Misconfigured servers continue to plague companies across various industries, and retail firms are no exception. For instance, in August customers of TGI Fridays Australia were “strongly recommended” to change their MyFridays membership rewards program passwords after the company inadvertently left sensitive loyalty program data exposed on the internet.
Other popular bugs making the top 10 list of total submissions include, cross-site scripting flaws, cross site request forgery, broken access control and more.
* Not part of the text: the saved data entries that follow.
//! A write of a field.

ghost use Rattle.std.specs.Prelude.{◌≡◌, ◌<◌, ◌≤◌, ◌^◌, ◌↔◌, IsSome};
ghost use Rattle.call_steps.specs.declared.step.Step.TheVariants.{Ended as StepEnded};
ghost use Rattle.call_steps.specs.Ending.{EndsOnlyFor};
ghost use Rattle.heap_words.specs.FieldWords.{field_of};
ghost use Rattle.heap_words.specs.declared.limits.TheConstants.{ADDRESS_LIMIT};
ghost use Rattle.handshakes.specs.PhaseWords.{phase_word_of};
ghost use Rattle.barriers.specs.declared.write.WriteMachine.TheVariants.{Header};
ghost use Rattle.barriers.specs.Spots.{spot_of};
ghost use Rattle.barriers.specs.Writes.{asks_of, fed_of, end_of};
ghost use Rattle.barriers.specs.Causes.{WriteEndsFor};

use crate::ends::{TryRefusal, WriteEnd};
use crate::front::Front;
use crate::packed::len_in;
use crate::spot::Spot;
use crate::watched::Watched;
use call_steps::{CallMachine, Machine, Step};
use handshakes::PassView;
use heap_words::Layout;

/// Loads the header, and then stores the word in the field. At most 2 steps.
///
/// The object is taken to be at rest, where its link says: its header is `Plain` or `Kept`. Any other
/// state is treated as these are.
#[derive(Clone, Copy, Debug, PartialEq, Eq)]
pub enum WriteMachine {
    /// Loads the header.
    Header {
        spot: Spot,
        word: u64,
    },
    /// Stores the word.
    Field {
        spot: Spot,
        word: u64,
    },
    Ended {
        spot: Spot,
        word: u64,
        end: WriteEnd,
    },
}

impl WriteMachine {
    /// The write of a field of the object `birth`, which stands at `at`, by this pass. The field number may
    /// be any; the word is to be the packed word of a number or a link.
    pub fn new(
        _layout: &Layout,
        _view: PassView,
        birth: u32,
        at: u32,
        field: u32,
        word: u64,
    ) -> WriteMachine
        requires near { at < ADDRESS_LIMIT }
        requires acked { IsSome (phase_word_of _view.acked) }
        requires packed { word < 2 ^ 62 }
        requires value { IsSome (field_of word) }
        ensures machine { result ≡ Header (spot_of birth at field) word }

        // Whatever others do: it has written where its last step stored the word in the field, and it is
        // refused only where its first step loaded a header whose len, which the end tells, is not above
        // the field.
        ensures cause { EndsOnlyFor asks_of fed_of end_of
            (WriteEndsFor (spot_of birth at field) word) result }
    {
        WriteMachine::Header {
            spot: Spot::new(birth, at, field),
            word,
        }
    }

    /// What the write ended with, and `None` before its end.
    pub fn end(&self) -> Option<WriteEnd>
        ensures value { result ≡ end_of self.now }
        ensures ended { IsSome result ↔ (asks_of self.now ≡ StepEnded) }
    {
        match *self {
            WriteMachine::Header { .. } | WriteMachine::Field { .. } => None,
            WriteMachine::Ended { end, .. } => Some(end),
        }
    }
}

impl Machine for WriteMachine {
    ghost use Rattle.barriers.specs.Writes.{asks_of, fed_of, blind_of};

    ghost asks = { asks_of };

    ghost fed = { fed_of };

    ghost blind = { blind_of };

    fn ask(&self) -> Step {
        match *self {
            WriteMachine::Header { spot, .. } => Step::Load { at: spot.at },
            WriteMachine::Field { spot, word } => Step::Store {
                at: spot.place,
                put: word,
            },
            WriteMachine::Ended { .. } => Step::Ended,
        }
    }

    fn feed(&mut self, found: u64) {
        *self = match *self {
            WriteMachine::Header { spot, word } => {
                let len = len_in(found);
                if spot.field < len {
                    WriteMachine::Field { spot, word }
                } else {
                    let end = WriteEnd::Refused(TryRefusal::NoField { len });
                    WriteMachine::Ended { spot, word, end }
                }
            }
            WriteMachine::Field { spot, word } => WriteMachine::Ended {
                spot,
                word,
                end: WriteEnd::Wrote,
            },
            WriteMachine::Ended { spot, word, end } => WriteMachine::Ended { spot, word, end },
        };
    }
}

impl CallMachine for WriteMachine {
    ghost use Rattle.barriers.specs.Writes.{left_of, none_left_of, some_left_of, falls_of};

    ghost steps_left = { left_of };

    ghost none_left = { none_left_of };

    ghost some_left = { some_left_of };

    ghost falls = { falls_of };

    fn left(&self) -> u32
        ensures bound { result ≡ left_of self.now }
        ensures few { result ≤ 2 }
    {
        match self {
            WriteMachine::Header { .. } => 2,
            WriteMachine::Field { .. } => 1,
            WriteMachine::Ended { .. } => 0,
        }
    }
}

impl Watched for WriteMachine {
    ghost use Rattle.barriers.specs.Writes as writes;

    ghost front = { writes.front };

    fn front(&self, _found: u64) -> Front {
        Front::Stays
    }
}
“Cross-site scripting is commonly believed to be the predominant vulnerability type uncovered through crowdsourced security programs, but the unique nature of the retail industry demonstrates that this isn’t always so,” researchers said. “While cross-site scripting indeed makes the top ten list at 18 percent of total submissions, nearly 50 percent of vulnerabilities are server security misconfigurations and broken authentication, both of which can range in severity.”
Future of Retail Security
The retail industry still has a ways to go in terms of its adoption of security features. In fact, retail bug bounty programs exhibited a slight slower response time to critical vulnerabilities in 2019 versus the cross-industry average for all public and private programs, according to Bugcrowd.
The volume of submissions in retail tends to be higher which likely plays a factor in a slightly lower response time, Baker told Threatpost. Despite that, Baker said he is optimistic about the future of cybersecurity efforts in the retail space,
“Security and privacy are becoming more important to consumers, so much so that consumers won’t shop with a brand if they’ve suffered a security breach,” he told Threatpost. “We can definitely expect this trend to continue to increase, especially in a post-Cambridge Analytica climate.”
Overall, the security of the retail space is drastically changing due to a couple of emerging factors. Those factors include: A shift in buyer behavior that has consumers looking to “protect and stretch their dollar,” an increased focus on digital transformation, and compliancy laws like GDPR, HIPAA and PCI-DSS (standard for storing and transmitting credit card data post-processing).
These factors collectively are leading retailers to increasingly looking to securing their systems as a way to be a differentiator, said Bugcrowd.
“Crowdsourced security adoption among retailers increased by 50% in the last year, demonstrating that this proactive approach to cybersecurity is one of the more cost-effective models recognized in the industry,” Baker said. “We’re also making good headway tackling ‘Crowd fear,’ as organizations are getting more comfortable working with the security researcher community and want to avoid being the next major headline.”